Gina

This is how the clock will look on my wall which is primrose yellow.  I may yet reprint one or two parts in a different colour eg. the hour gear which is orange ATM may look better in red.

The whole gear train except for some of the bearings and axles.

Seconds wheel printed etc.

A few changes.

Here's just the drive chain.  This is just the gears and ratchet wheel without the main axle and bearings.

Explanation :- 

1. Green wheel is seconds with red pinion attached
2. Red and blue gears form the seconds to minutes reduction with the pinion above
3. Yellow wheel driven by friction from blue gear - provides ability to set time.
4. Pink pinion on yellow wheel drives minutes to hours reduction
5. Orange and pastel pink gears plus pink pinion reduce minutes to hours.

Red and orange gears are fixed.  Green, blue yellow and pink rotate on ball bearings.  The ball bearings keep the wheels aligned.

I think this is just about it for the overall design.  Some fine tuning to do and the parts have to be fitted to available ball bearings.

Seconds and minute hand added.  Need to add another hour gear before the hour hand.

For reference hour pinion centre is 87.625mm from axle.

Minute wheel was oversize - now corrected.

CAD screenshot of clock with dial and some of the gears.

As mentioned in the initial description, this clock uses epicyclic gearing to provide the 60:1 and 12:1 reduction ratios between seconds and minutes and between minutes and hours.  This is described in my DIY Skeleton Epicyclic Clock with 3D Printed Gears but I shall repeat it here.

The principle involved is that when a pinion is moved round two spur gears with just one tooth difference and one gear is fixed the moving gear rotates by one tooth for each revolution of the axis of the pinion.  So if the fixed gear has 59 teeth and the moving gear 60 teeth the gear ratio between the rotation of the pinion axle and the moving gear is 60:1.  This is the ratio required for seconds to minutes in a clock.

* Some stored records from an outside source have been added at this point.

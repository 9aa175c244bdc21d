//! Tests of accounts of mail over keepers in memory that fail, and where memory runs out.
#![tactic(auto)]

#[cfg(test)]
mod asking;
#[cfg(test)]
mod mail_calls_author_tests;
#[cfg(test)]
mod mail_calls_kept_tests;
#[cfg(test)]
mod mail_calls_load_tests;
#[cfg(test)]
mod mail_calls_memory_tests;
#[cfg(test)]
mod mail_calls_refusal_tests;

When the gears are different by two teeth the moving gear turns by two teeth for each revolution of the pinion axle thus if the gears have 22 and 24 teeth the gear ratio becomes 24:2 = 12:1.  This is the minutes to hours ratio.  However, it works out better to have more teeth and a lower modulus to make the motion smoother for 3D printed gears.  Using 44 and 48 teeth gives a gear ratio of 48:4 = 12:1.

Model of clock "works" in case.  The dial isn't really white, it's black but the CAD software adds white lines round everything.

I'll try a close-up as you suggest.

Update...

With frame.

More added.

A couple of changes needed - the peg on the rack lever wants to be smaller and the small snail cam also wants to be smaller.

A couple of views of the latest clock assembly.

The striking mechanism - more parts to add yet.  Shown about to strike 12 o'clock.  The snail cam rotates anti-clockwise and winds the rack up one notch whilst striking once per revolution.  The pawl holds the rack as the tooth on the snail cam leaves the rack.  Once the appropriate number of strikes has occurred the tooth on the small snail cam contacts the lug on the end of the rack and stops.  The mechanism remains in this state until just before the next hour when a cam on the minute shaft causes levers to hold the small snail cam and lift the pawl, releasing the rack, which drops until stopped by the peg contacting the large snail cam (brown).  On the hour, the small snail cam is released and the pawl dropped onto the rack and the next hour strikes.

Next I shall be adding the parts of the striking mechanism.  The parts I had already printed were the wrong scale.  First component is the strike cam.  The spokes of the cam fit the spokes of the hour wheel.  The cam goes behind the hour wheel and will be glued to it.

CAD screenshots of clock "going train" - the set of gears going from the chain wheel to the escapement plus the drive to the hands.  Viewed from front, left side and top.

I think I may be wrong in going for a very large escape wheel.  Metal longcase clock mechanisms have quite small escape wheels of 50mm or less so my original 100mm diameter wheel was already much bigger than standard pendulum clocks with a one second pendulum.  I have found out why my earlier recoil anchor escapement gave problems - the pendulum bob was far too heavy.  With the new lighter bob the earlier escapement may work.

Come hell or high water I shall get this clock ticking!!!  Just maybe not today!

Unfortunately U4 is not a transistor but an IC with 6 connections.  I guess only ZWO know what it is/was.

Still not working!  There are so many interdependent variables with the deadbeat escapement that I've decided to leave it for now and just make a recoil type escape wheel so that I can get the clock working.  I hope to return to the deadbeat escapement later.

Still to much overlap of pallets and teeth so have shortened teeth by 2mm to try again.  Now printing.